Crosswords also raise the tantalizing question, How do we keep track of our mental inventory? With some clues, an answer quickly and unexpectedly bubbles to the surface, surprising even the puzzle solver, Nickerson says. Possibly more intriguing—and certainly frustrating—is the “tip-of-the-tongue” phenomenon that puzzles can evoke. “It is often the case that I am not immediately able to call the target to mind, but I have a strong sense that I will be able to do so with the help of additional clues or, perhaps, just with the passage of time. Author of 'The Ugly Ducking would evoke that feeling for me,” Nickerson writes.

Crossword guru Will Shortz, who edits the puzzles for the New York Times, agrees that sometimes the best strategy for when you’re stumped is to leave the puzzle and come back later. “Perhaps the brain works subconsciously on problems in the interim,” he writes in a piece titled How to Solve the New York Times Crossword Puzzle. “A fresh look at a tough puzzle almost always brings new answers.”

Sometimes the brain will inexplicably continue working on a puzzle even if the solver’s conscious mind does not. Nickerson writes about encountering a puzzle with a six-letter clue, “Former Dolphins quarterback.” Based on intersecting clues, he believed the fourth and sixth letters were both E, but did not immediately know the answer. He left the puzzle unfinished. “Several days later, the name GRIESE came, uninvited, to mind,” he recounts. “I was not thinking about the puzzle at the time and have no recollection of ever consciously trying to think of the name.”

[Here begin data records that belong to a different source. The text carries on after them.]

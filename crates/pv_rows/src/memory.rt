//! Objects, pointers and addresses.
use crate::tables::first_difference;
use std::test::Fail;

const TABLE: &str = r#"; budget 9
; status 1
; report trapped byte-kind @main:2 steps 3
define i32 @main() {
  %p = alloca [2 x i64]
  store ptr %p, ptr %p
  %x = load i64, ptr %p
  ret i32 0
}
;;
; budget 9
; status 1
; report trapped unset-byte @main:3 steps 4
define i32 @main() {
  %p = alloca [2 x i64]
  store ptr %p, ptr %p
  %q = getelementptr i8, ptr %p, i64 4
  %x = load ptr, ptr %q
  ret i32 0
}
;;
; budget 99
; status 0
; report ended 1 steps 11
; a pointer copied by halves is the same pointer
declare void @llvm.memcpy.p0.p0.i64(ptr, ptr, i64, i1)
define i32 @main() {
  %p = alloca ptr
  %q = alloca ptr
  store ptr %q, ptr %p
  %p4 = getelementptr i8, ptr %p, i64 4
  %q4 = getelementptr i8, ptr %q, i64 4
  call void @llvm.memcpy.p0.p0.i64(ptr %q, ptr %p, i64 4, i1 false)
  call void @llvm.memcpy.p0.p0.i64(ptr %q4, ptr %p4, i64 4, i1 false)
  %x = load ptr, ptr %q
  %e = icmp eq ptr %x, %q
  %r = zext i1 %e to i32
  ret i32 %r
}
;;
; budget 9
; status 1
; report trapped byte-kind @main:7 steps 8
; its parts in another order are none
declare void @llvm.memcpy.p0.p0.i64(ptr, ptr, i64, i1)
define i32 @main() {
  %p = alloca ptr
  %q = alloca ptr
  store ptr %q, ptr %p
  %p4 = getelementptr i8, ptr %p, i64 4
  %q4 = getelementptr i8, ptr %q, i64 4
  call void @llvm.memcpy.p0.p0.i64(ptr %q, ptr %p4, i64 4, i1 false)
  call void @llvm.memcpy.p0.p0.i64(ptr %q4, ptr %p, i64 4, i1 false)
  %x = load ptr, ptr %q
  ret i32 0
}
;;
; budget 999
; status 0
; report ended 15 steps 67
; a list of five elements, built from its end and walked
%node = type { i32, ptr }
declare ptr @malloc(i64)
define i32 @main() {
entry:
  br label %make
make:
  %i = phi i32 [ 1, %entry ], [ %j, %make ]
  %list = phi ptr [ null, %entry ], [ %p, %make ]
  %p = call ptr @malloc(i64 16)
  store i32 %i, ptr %p
  %n = getelementptr inbounds %node, ptr %p, i64 0, i32 1
  store ptr %list, ptr %n
  %j = add i32 %i, 1
  %c = icmp ule i32 %j, 5
  br i1 %c, label %make, label %walk
walk:
  %at = phi ptr [ %p, %make ], [ %next, %walk ]
  %s = phi i32 [ 0, %make ], [ %t, %walk ]
  %v = load i32, ptr %at
  %t = add i32 %s, %v
  %m = getelementptr inbounds %node, ptr %at, i64 0, i32 1
  %next = load ptr, ptr %m
  %d = icmp ne ptr %next, null
  br i1 %d, label %walk, label %done
done:
  ret i32 %t
}
;;
; budget 9
; status 1
; report trapped inbounds @main:2 steps 3
define i32 @main() {
  %p = alloca [16 x i8]
  %q = getelementptr inbounds i8, ptr %p, i64 16
  %r = getelementptr inbounds i8, ptr %p, i64 17
  ret i32 0
}
;;
; budget 9
; status 1
; report trapped inbounds @main:1 steps 2
; the sum wraps into the object, and the true one is far outside
define i32 @main() {
  %p = alloca [16 x i8]
  %q = getelementptr inbounds [16 x i8], ptr %p, i64 1152921504606846976
  ret i32 0
}
;;
; budget 9
; status 0
; report ended 7 steps 6
; report global @g 0000000000000000000000000000000000000000000000000700000000000000
; a field of a struct in an array in a struct
%inner = type { i16, i32 }
%outer = type { i8, [3 x %inner], i16 }
@g = global %outer zeroinitializer
define i32 @main() {
  %n = sext i8 2 to i64
  %p = getelementptr inbounds %outer, ptr @g, i64 0, i32 1, i64 %n, i32 1
  store i32 7, ptr %p
  %q = getelementptr i8, ptr @g, i64 24
  %x = load i32, ptr %q
  ret i32 %x
}
;;
; budget 9
; status 0
; report ended 5 steps 6
; an index below 0
define i32 @main() {
  %p = alloca [4 x i32]
  store i32 5, ptr %p
  %q = getelementptr inbounds i32, ptr %p, i64 3
  %r = getelementptr inbounds i32, ptr %q, i8 -3
  %x = load i32, ptr %r
  ret i32 %x
}
;;
; budget 9
; status 1
; report trapped byte-kind @main:2 steps 3
define i32 @main() {
  %p = alloca i8
  store i8 2, ptr %p
  %x = load i1, ptr %p
  ret i32 0
}
;;
; budget 9
; status 0
; report ended 0 steps 4
; report global @p 0000000000000000
; a null pointer is eight zeros
@p = global ptr @p
define i32 @main() {
  store ptr null, ptr @p
  %x = load i64, ptr @p
  %y = trunc i64 %x to i32
  ret i32 %y
}
;;
; budget 9
; status 1
; report trapped null @main:0 steps 1
define i32 @main() {
  %x = load i32, ptr null
  ret i32 %x
}
;;
; budget 9
; status 1
; report trapped range @main:0 steps 1
define i32 @main() {
  %x = load i32, ptr @main
  ret i32 %x
}
;;
; budget 9
; status 1
; report trapped range @main:1 steps 2
; report global @v 00
; the range is tested before the constant
@g = constant i32 1
@v = global i8 0
define i32 @main() {
  %q = getelementptr i8, ptr @g, i64 1
  store i32 2, ptr %q
  ret i32 0
}
;;
; budget 9
; status 1
; report trapped const-write @main:0 steps 1
@g = constant i32 1
define i32 @main() {
  store i32 2, ptr @g
  ret i32 0
}
;;
; budget 9
; status 1
; report trapped dead @main:3 steps 4
declare ptr @malloc(i64)
declare void @free(ptr)
define i32 @main() {
  %p = call ptr @malloc(i64 4)
  store i32 1, ptr %p
  call void @free(ptr %p)
  %x = load i32, ptr %p
  ret i32 %x
}
;;
; budget 9
; status 1
; report trapped free @main:2 steps 3
declare void @free(ptr)
define i32 @main() {
  call void @free(ptr null)
  %p = alloca i32
  call void @free(ptr %p)
  ret i32 0
}
;;
; budget 9
; status 1
; report trapped live-memory @main:2 steps 3
declare ptr @malloc(i64)
define i32 @main() {
  %p = call ptr @malloc(i64 4194304)
  %q = call ptr @malloc(i64 1)
  %r = alloca i8
  ret i32 0
}
;;
; budget 9
; status 1
; report trapped pointer-order @main:3 steps 4
define i32 @main() {
  %p = alloca [2 x i8]
  %q = getelementptr i8, ptr %p, i64 1
  %c = icmp ult ptr %p, %q
  %d = icmp ult ptr %p, null
  ret i32 0
}
;;
; budget 9000000
; status 0
; report ended 1000000 steps 6000004
; a million loads and stores
define i32 @main() {
entry:
  %p = alloca i32
  store i32 0, ptr %p
  br label %head
head:
  %i = phi i32 [ 0, %entry ], [ %j, %head ]
  %x = load i32, ptr %p
  %y = add i32 %x, 1
  store i32 %y, ptr %p
  %j = add i32 %i, 1
  %c = icmp ult i32 %j, 1000000
  br i1 %c, label %head, label %done
done:
  ret i32 %y
}
"#;

#[test]
fn memory(rt: HostRuntime) -> Result<(), Fail> {
    match first_difference(rt.alloc(), TABLE)? {
        None => Ok(()),
        Some((told, wanted)) => {
            assert_eq!(rt; told.as_str(), wanted.as_str());
            Ok(())
        }
    }
}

This phenomenon is, of course, not limited to crossword puzzles. “There are a lot of anecdotes in the scientific literature of people working very hard on a problem and not getting very far, and then deciding to just leave it alone, and then coming back to discover they can solve it instantly,” Nickerson says. One example is Dmitri Mendeleyev, who supposedly had the insight for his periodic table of elements in a dream. In psychological terms, this stage of creative problem-solving, in which the mind continues to work on a problem below the level of awareness, is known as “incubation.”

Compulsive Cruciverbalists

Nickerson is quick to point out that while he has been doing crosswords as long as he can remember, he is not compulsive about it—surely not in the league of the characters featured in Wordplay, the 2006 documentary film about devoted puzzlers and cruciverbalists—otherwise known as constructors—or of the hundreds who have been turning out since 1978 for the annual American Crossword Puzzle Tournament.

In fact, Nickerson’s 2011 crossword “think-piece,” as he prefers to call it, was out of academic character. “It was a pretty unorthodox paper. Frankly, I was a little surprised the journal took it. It’s not something I expect to follow up on with my research,” he says.

Both the scientific literature and popular media have looked at the idea that mental gymnastics such as doing crossword puzzles keep the brain agile and can help ward off dementia and Alzheimer’s disease. An observational study by medical researchers of 101 elderly New Yorkers published last year, for example, found that “late life crossword puzzle participation, independent of education, was associated with delayed onset of memory decline in persons who developed dementia.”

“I tend to believe it, because I want to believe that doing crosswords is a way to postpone the ravages of time,” Nickerson says. “In the meantime, whether it works or not, it’s still pleasurable.”

*For those still looking for the five-letter word, it’s DOUBT.